> **Extracted records**:
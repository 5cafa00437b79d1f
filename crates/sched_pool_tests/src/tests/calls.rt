//! A board of effects of the test's own: pending for some polls, with items and faults that are no codes.
ghost use Rattle.std.specs.Prelude.{◌≡◌, []};
ghost use Rattle.sched_pool.specs.Held.{IsOf};

use super::*;
use futures::task::{Context, Poll};
use sched_pool::{Coded, Ending, NoMemory, OpenGate, RetryEnd};
use std::alloc::AllocGlobal;
use std::marker::Brand;
use std::random::RandomSource;
use std::sync::Wait;
use std::thread::Threads;

// What a call is answered with.
#[derive(Drop)]
struct Reply {
    status: u32,
    body: &'static str,
}

impl Coded for Reply {
    ghost coded = { λ reply. reply.status };

    fn code(&self) -> Millis {
        Millis::from(self.status)
    }
}

// Why a call was not answered.
#[derive(Drop)]
struct Outage {
    after: Millis,
    reason: &'static str,
}

impl Coded for Outage {
    ghost coded = { λ outage. outage.after };

    fn code(&self) -> Millis {
        self.after
    }
}

// A call that is pending at every other poll, and fails so often before it is answered.
#[derive(Drop)]
struct Call {
    asked: bool,
    outages: u32,
    runs: Vec<Ran>,
}

impl Effect for Call {
    type Item = Reply;

    type Fault = Outage;

    ghost finished = { λ call. call.runs.items };

    ghost fresh = { λ call. call.runs.items ≡ [] };

    ghost unused = { λ call new. new };

    fn poll_run(&mut self, _cx: &mut Context<'_>) -> Poll<Result<Result<Reply, Outage>, NoMemory>> {
        if !self.asked {
            self.asked = true;
            return Poll::Pending;
        }
        self.asked = false;
        if self.outages > 0 {
            let after = Millis::from(7);
            if self.runs.push(Ran::Lost(after)).is_err() {
                return Poll::Ready(Err(NoMemory));
            }
            self.outages -= 1;
            return Poll::Ready(Ok(Err(Outage {
                after,
                reason: "timed out",
            })));
        }
        if self.runs.push(Ran::Won(Millis::from(200))).is_err() {
            return Poll::Ready(Err(NoMemory));
        }
        Poll::Ready(Ok(Ok(Reply {
            status: 200,
            body: "fresh",
        })))
    }

    fn runs(&self) -> &[Ran] {
        &self.runs
    }
}

// Adds a retry of a call that fails so often, by a plan of two recurrences.
fn adds<'a, N: Naming>(
    rt: &impl Abort,
    alloc: Global,
    budget: &'a Budget,
    pass: &mut Pass,
    board: &mut Board<'a, Call, N>,
    outages: u32,
)
    requires name { budget.now ≡ N.budget }
    requires of { IsOf budget.now pass.old }
    ensures { IsOf budget.now pass.new }
{
    let call = Call {
        asked: false,
        outages,
        runs: Vec::new(alloc),
    };
    let retry = retrying(rt, alloc, budget, pass, call, Plan::recurs(2));
    assert!(rt; board.add(retry).is_ok());
}

// The body of the reply, or the reason of the last outage.
fn told(end: &RetryEnd<Call>) -> &'static str {
    match end.ending() {
        Some(Ending::Won(reply)) => reply.body,
        Some(Ending::ScheduleDone(Err(outage))) => outage.reason,
        _ => "",
    }
}

// Asserts what is told of the calls.
fn are_told(rt: &impl Abort, ends: &[RetryEnd<Call>], want: &[&str]) {
    assert_eq!(rt; ends.len(), want.len());
    for (end, want) in ends.iter().zip(want) {
        assert_eq!(rt; told(end), *want);
    }
}

// Two calls on a thread each: one is answered at its third run, and one fails three times.
fn calls_two<R, N: Naming + Send + Sync>(rt: &R, budget: &Budget, mut pass: Pass) -> Pass
where
    R: Threads + Wait + RandomSource + AllocGlobal + Abort + Sync,
    requires name { budget.now ≡ N.budget }
    requires of { IsOf budget.now pass }
    ensures { IsOf budget.entry.now result }
{
    let alloc = rt.alloc();
    let mut board: Board<Call, N> = Board::new(alloc, budget);
    adds(rt, alloc, budget, &mut pass, &mut board, 2);
    adds(rt, alloc, budget, &mut pass, &mut board, 3);
    let stations = stations(rt, alloc, 2);
    let end = board
        .run(rt, pass, stations, &OpenGate, 100_000_000)
        .ok()
        .expect(rt, "all jobs are over");
    are_told(rt, &end.jobs, &["fresh", "timed out"]);
    assert_eq!(rt; end.granted, 4);
    end.pass
}

#[test]
fn calls_are_answered_or_fail(rt: HostRuntime) {
    let (budget, pass) = Budget::new(rt.alloc(), 10).expect(&rt, "the limit is in range");
    let pass = calls_two::<_, Brand>(&rt, &budget, pass);
    assert_eq!(rt; budget.close(pass).ok(), Some(4));
}
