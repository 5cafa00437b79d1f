//! Pools on threads of their own.
ghost use Rattle.std.specs.Prelude.{◌≡◌};
ghost use Rattle.sched_pool.specs.Held.{IsOf};

use super::*;
use sched_pool::Gate;
use std::alloc::AllocGlobal;
use std::marker::Brand;
use std::random::RandomSource;
use std::sync::Wait;
use std::thread::Threads;

// So many jobs, each of which wants three tickets, run on so many threads until all are over. Answers how many tickets
// they were granted.
fn runs_all<R, N: Naming + Send + Sync, Q: Gate + Sync>(
    rt: &R,
    budget: &Budget,
    mut pass: Pass,
    jobs: usize,
    threads: usize,
    gate: &Q,
) -> (Pass, u64)
where
    R: Threads + Wait + RandomSource + AllocGlobal + Abort + Sync,
    requires name { budget.now ≡ N.budget }
    requires of { IsOf budget.now pass }
    ensures { IsOf budget.entry.now result.0 }
{
    let alloc = rt.alloc();
    let board: Board<Scripted, N> = board_of(rt, alloc, budget, &mut pass, jobs, 3);
    let stations = stations(rt, alloc, threads);
    let end = board
        .run(rt, pass, stations, gate, 100_000_000)
        .ok()
        .expect(rt, "all jobs are over");
    assert_eq!(rt; end.jobs.len(), jobs);
    (end.pass, end.granted)
}

/// How many tickets a pool of so many jobs, on so many threads, draws on a budget of its own.
pub(super) fn total<R, Q: Gate + Sync>(rt: &R, limit: u64, size: (usize, usize), gate: &Q) -> u64
where
    R: Threads + Wait + RandomSource + AllocGlobal + Abort + Sync,
{
    let (budget, pass) = Budget::new(rt.alloc(), limit).expect(rt, "the limit is in range");
    let (pass, granted) = runs_all::<_, Brand, _>(rt, &budget, pass, size.0, size.1, gate);
    assert_eq!(rt; budget.close(pass).ok(), Some(granted));
    granted
}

> **Exercise aim**: All lines of the entries containing the string "ends" must be shown in full.

> **Answer to this problem**:
fn are_told(rt: &impl Abort, ends: &[RetryEnd<Call>], want: &[&str]) {
    assert_eq!(rt; ends.len(), want.len());
    for (end, want) in ends.iter().zip(want) {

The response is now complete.